WORK TASK:
Your reply should contain every record, restated word for word.

(Stored items)
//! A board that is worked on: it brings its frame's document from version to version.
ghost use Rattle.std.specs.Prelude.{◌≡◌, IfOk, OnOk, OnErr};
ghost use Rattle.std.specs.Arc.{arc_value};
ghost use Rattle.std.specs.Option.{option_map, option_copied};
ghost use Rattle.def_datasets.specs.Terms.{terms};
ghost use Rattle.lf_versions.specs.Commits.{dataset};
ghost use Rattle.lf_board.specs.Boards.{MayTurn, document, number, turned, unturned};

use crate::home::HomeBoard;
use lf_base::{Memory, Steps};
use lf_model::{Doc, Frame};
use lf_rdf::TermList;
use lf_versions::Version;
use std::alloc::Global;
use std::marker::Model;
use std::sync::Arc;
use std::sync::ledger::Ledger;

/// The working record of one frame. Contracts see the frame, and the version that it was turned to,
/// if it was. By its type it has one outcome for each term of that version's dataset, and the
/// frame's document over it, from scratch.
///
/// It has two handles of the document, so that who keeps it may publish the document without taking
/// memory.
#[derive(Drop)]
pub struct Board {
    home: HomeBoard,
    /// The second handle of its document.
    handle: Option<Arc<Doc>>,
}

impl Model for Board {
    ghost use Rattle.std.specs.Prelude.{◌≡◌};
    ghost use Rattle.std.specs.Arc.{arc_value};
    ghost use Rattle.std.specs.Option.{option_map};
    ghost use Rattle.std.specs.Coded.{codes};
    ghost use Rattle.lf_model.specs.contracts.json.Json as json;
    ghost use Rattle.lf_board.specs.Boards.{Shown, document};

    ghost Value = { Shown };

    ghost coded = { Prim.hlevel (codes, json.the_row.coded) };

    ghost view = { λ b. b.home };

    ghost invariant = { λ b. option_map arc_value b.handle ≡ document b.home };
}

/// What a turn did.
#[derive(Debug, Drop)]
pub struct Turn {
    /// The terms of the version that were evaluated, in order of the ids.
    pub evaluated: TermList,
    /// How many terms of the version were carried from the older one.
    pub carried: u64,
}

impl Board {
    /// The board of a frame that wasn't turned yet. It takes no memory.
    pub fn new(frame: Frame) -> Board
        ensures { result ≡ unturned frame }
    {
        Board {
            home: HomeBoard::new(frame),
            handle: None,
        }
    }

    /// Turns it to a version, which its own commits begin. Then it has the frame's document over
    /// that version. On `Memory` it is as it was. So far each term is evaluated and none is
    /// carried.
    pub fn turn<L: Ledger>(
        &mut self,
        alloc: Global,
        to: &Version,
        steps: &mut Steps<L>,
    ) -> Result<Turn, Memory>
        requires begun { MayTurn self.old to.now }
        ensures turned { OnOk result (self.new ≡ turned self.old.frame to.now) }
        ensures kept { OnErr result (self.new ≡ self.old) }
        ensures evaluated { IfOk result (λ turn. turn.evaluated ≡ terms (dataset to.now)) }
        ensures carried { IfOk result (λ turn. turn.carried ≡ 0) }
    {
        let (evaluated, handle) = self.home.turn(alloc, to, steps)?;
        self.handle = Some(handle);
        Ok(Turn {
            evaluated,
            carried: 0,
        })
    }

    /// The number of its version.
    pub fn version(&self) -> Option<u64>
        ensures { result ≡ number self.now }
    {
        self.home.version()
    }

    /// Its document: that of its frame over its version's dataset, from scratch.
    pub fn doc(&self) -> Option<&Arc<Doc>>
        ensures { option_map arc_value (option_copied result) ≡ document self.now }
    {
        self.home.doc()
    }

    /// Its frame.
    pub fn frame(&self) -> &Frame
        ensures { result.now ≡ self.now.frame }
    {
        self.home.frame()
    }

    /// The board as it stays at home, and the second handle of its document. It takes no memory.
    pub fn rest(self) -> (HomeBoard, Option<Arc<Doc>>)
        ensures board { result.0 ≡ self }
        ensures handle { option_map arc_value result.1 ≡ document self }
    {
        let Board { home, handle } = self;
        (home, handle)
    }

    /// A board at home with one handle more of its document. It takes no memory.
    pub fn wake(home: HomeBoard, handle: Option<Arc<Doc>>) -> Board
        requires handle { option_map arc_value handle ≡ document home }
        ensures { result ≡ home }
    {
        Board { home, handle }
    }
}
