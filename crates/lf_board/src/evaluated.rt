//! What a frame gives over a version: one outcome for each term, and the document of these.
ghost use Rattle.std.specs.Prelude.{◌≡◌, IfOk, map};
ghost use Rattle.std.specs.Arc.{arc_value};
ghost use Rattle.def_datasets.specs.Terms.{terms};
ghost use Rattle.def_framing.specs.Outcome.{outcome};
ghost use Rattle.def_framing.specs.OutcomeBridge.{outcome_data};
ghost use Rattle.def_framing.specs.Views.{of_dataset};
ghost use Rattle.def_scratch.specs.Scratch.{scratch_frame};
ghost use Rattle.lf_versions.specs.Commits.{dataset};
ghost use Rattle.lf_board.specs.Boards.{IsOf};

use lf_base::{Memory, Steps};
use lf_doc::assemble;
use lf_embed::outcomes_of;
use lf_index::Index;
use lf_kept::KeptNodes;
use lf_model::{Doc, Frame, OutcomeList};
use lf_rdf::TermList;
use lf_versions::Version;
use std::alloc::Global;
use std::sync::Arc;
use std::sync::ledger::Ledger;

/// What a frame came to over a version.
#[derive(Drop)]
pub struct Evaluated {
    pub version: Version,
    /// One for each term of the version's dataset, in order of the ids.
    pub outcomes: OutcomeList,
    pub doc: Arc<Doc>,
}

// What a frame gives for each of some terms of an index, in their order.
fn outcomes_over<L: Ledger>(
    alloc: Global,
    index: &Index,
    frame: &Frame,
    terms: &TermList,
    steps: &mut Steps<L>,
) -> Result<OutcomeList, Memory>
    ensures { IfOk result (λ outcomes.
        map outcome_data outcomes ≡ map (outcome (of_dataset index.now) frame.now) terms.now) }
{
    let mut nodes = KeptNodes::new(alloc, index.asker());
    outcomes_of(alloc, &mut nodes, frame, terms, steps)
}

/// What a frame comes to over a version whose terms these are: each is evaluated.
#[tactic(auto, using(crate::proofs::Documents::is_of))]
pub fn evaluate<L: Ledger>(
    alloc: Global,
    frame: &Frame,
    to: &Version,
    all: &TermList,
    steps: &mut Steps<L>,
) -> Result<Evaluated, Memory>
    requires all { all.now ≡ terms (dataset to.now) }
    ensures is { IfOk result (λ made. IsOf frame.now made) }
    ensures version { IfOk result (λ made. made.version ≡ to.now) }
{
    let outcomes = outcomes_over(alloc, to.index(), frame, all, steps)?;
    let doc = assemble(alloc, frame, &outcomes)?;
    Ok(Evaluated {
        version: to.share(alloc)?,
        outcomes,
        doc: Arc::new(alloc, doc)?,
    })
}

SOLUTION FOR THIS TASK:
//! A board that is worked on: it brings its frame's document from version to version.
ghost use Rattle.std.specs.Prelude.{◌≡◌, IfOk, OnOk, OnErr};
ghost use Rattle.std.specs.Arc.{arc_value};
ghost use Rattle.std.specs.Option.{option_map, option_copied};
ghost use Rattle.def_datasets.specs.Terms.{terms};
ghost use Rattle.lf_versions.specs.Commits.{dataset};
ghost use Rattle.lf_board.specs.Boards.{MayTurn, document, number, turned, unturned};

use crate::home::HomeBoard;
use lf_base::{Memory, Steps};
use lf_model::{Doc, Frame};
use lf_rdf::TermList;
use lf_versions::Version;
use std::alloc::Global;
use std::marker::Model;
use std::sync::Arc;
use std::sync::ledger::Ledger;

/// The working record of one frame. Contracts see the frame, and the version that it was turned to,
/// if it was. By its type it has one outcome for each term of that version's dataset, and the
/// frame's document over it, from scratch.
///
/// It has two handles of the document, so that who keeps it may publish the document without taking
/// memory.
#[derive(Drop)]
pub struct Board {
    home: HomeBoard,
    /// The second handle of its document.
    handle: Option<Arc<Doc>>,
}

impl Model for Board {
    ghost use Rattle.std.specs.Prelude.{◌≡◌};
    ghost use Rattle.std.specs.Arc.{arc_value};
    ghost use Rattle.std.specs.Option.{option_map};
    ghost use Rattle.std.specs.Coded.{codes};
    ghost use Rattle.lf_model.specs.contracts.json.Json as json;
    ghost use Rattle.lf_board.specs.Boards.{Shown, document};

    ghost Value = { Shown };

    ghost coded = { Prim.hlevel (codes, json.the_row.coded) };

    ghost view = { λ b. b.home };

    ghost invariant = { λ b. option_map arc_value b.handle ≡ document b.home };
}

/// What a turn did.
#[derive(Debug, Drop)]
pub struct Turn {
    /// The terms of the version that were evaluated, in order of the ids.
    pub evaluated: TermList,
    /// How many terms of the version were carried from the older one.
    pub carried: u64,
}

impl Board {
    /// The board of a frame that wasn't turned yet. It takes no memory.
    pub fn new(frame: Frame) -> Board
        ensures { result ≡ unturned frame }
    {
        Board {
            home: HomeBoard::new(frame),
            handle: None,
        }
    }

    /// Turns it to a version, which its own commits begin. Then it has the frame's document over
    /// that version. On `Memory` it is as it was. So far each term is evaluated and none is
    /// carried.
    pub fn turn<L: Ledger>(
        &mut self,
        alloc: Global,
        to: &Version,
        steps: &mut Steps<L>,
    ) -> Result<Turn, Memory>
        requires begun { MayTurn self.old to.now }
        ensures turned { OnOk result (self.new ≡ turned self.old.frame to.now) }
        ensures kept { OnErr result (self.new ≡ self.old) }
        ensures evaluated { IfOk result (λ turn. turn.evaluated ≡ terms (dataset to.now)) }
        ensures carried { IfOk result (λ turn. turn.carried ≡ 0) }
    {
        let (evaluated, handle) = self.home.turn(alloc, to, steps)?;
        self.handle = Some(handle);
        Ok(Turn {
            evaluated,
            carried: 0,
        })
    }

    /// The number of its version.
    pub fn version(&self) -> Option<u64>
        ensures { result ≡ number self.now }
    {
        self.home.version()
    }

    /// Its document: that of its frame over its version's dataset, from scratch.
    pub fn doc(&self) -> Option<&Arc<Doc>>
        ensures { option_map arc_value (option_copied result) ≡ document self.now }
    {
        self.home.doc()
    }

    /// Its frame.
    pub fn frame(&self) -> &Frame
        ensures { result.now ≡ self.now.frame }
    {
        self.home.frame()
    }

    /// The board as it stays at home, and the second handle of its document. It takes no memory.
    pub fn rest(self) -> (HomeBoard, Option<Arc<Doc>>)
        ensures board { result.0 ≡ self }
        ensures handle { option_map arc_value result.1 ≡ document self }
    {
        let Board { home, handle } = self;
        (home, handle)
    }

    /// A board at home with one handle more of its document. It takes no memory.
    pub fn wake(home: HomeBoard, handle: Option<Arc<Doc>>) -> Board
        requires handle { option_map arc_value handle ≡ document home }
        ensures { result ≡ home }
    {
        Board { home, handle }
    }
}
filename crates/lf_board/src/evaluated.rt
//! What a frame gives over a version: one outcome for each term, and the document of these.
ghost use Rattle.std.specs.Prelude.{◌≡◌, IfOk, map};
ghost use Rattle.std.specs.Arc.{arc_value};
ghost use Rattle.def_datasets.specs.Terms.{terms};
ghost use Rattle.def_framing.specs.Outcome.{outcome};
ghost use Rattle.def_framing.specs.OutcomeBridge.{outcome_data};
ghost use Rattle.def_framing.specs.Views.{of_dataset};
ghost use Rattle.def_scratch.specs.Scratch.{scratch_frame};
ghost use Rattle.lf_versions.specs.Commits.{dataset};
ghost use Rattle.lf_board.specs.Boards.{IsOf};

use lf_base::{Memory, Steps};
use lf_doc::assemble;
use lf_embed::outcomes_of;
use lf_index::Index;
use lf_kept::KeptNodes;
use lf_model::{Doc, Frame, OutcomeList};
use lf_rdf::TermList;
use lf_versions::Version;
use std::alloc::Global;
use std::sync::Arc;
use std::sync::ledger::Ledger;

/// What a frame came to over a version.
#[derive(Drop)]
pub struct Evaluated {
    pub version: Version,
    /// One for each term of the version's dataset, in order of the ids.
    pub outcomes: OutcomeList,
    pub doc: Arc<Doc>,
}

// What a frame gives for each of some terms of an index, in their order.
fn outcomes_over<L: Ledger>(
    alloc: Global,
    index: &Index,
    frame: &Frame,
    terms: &TermList,
    steps: &mut Steps<L>,
) -> Result<OutcomeList, Memory>
    ensures { IfOk result (λ outcomes.
        map outcome_data outcomes ≡ map (outcome (of_dataset index.now) frame.now) terms.now) }
{
    let mut nodes = KeptNodes::new(alloc, index.asker());
    outcomes_of(alloc, &mut nodes, frame, terms, steps)
}

/// What a frame comes to over a version whose terms these are: each is evaluated.
#[tactic(auto, using(crate::proofs::Documents::is_of))]
pub fn evaluate<L: Ledger>(
    alloc: Global,
    frame: &Frame,
    to: &Version,
    all: &TermList,
    steps: &mut Steps<L>,
) -> Result<Evaluated, Memory>
    requires all { all.now ≡ terms (dataset to.now) }
    ensures is { IfOk result (λ made. IsOf frame.now made) }
    ensures version { IfOk result (λ made. made.version ≡ to.now) }
{
    let outcomes = outcomes_over(alloc, to.index(), frame, all, steps)?;
    let doc = assemble(alloc, frame, &outcomes)?;
    Ok(Evaluated {
        version: to.share(alloc)?,
        outcomes,
        doc: Arc::new(alloc, doc)?,
    })
}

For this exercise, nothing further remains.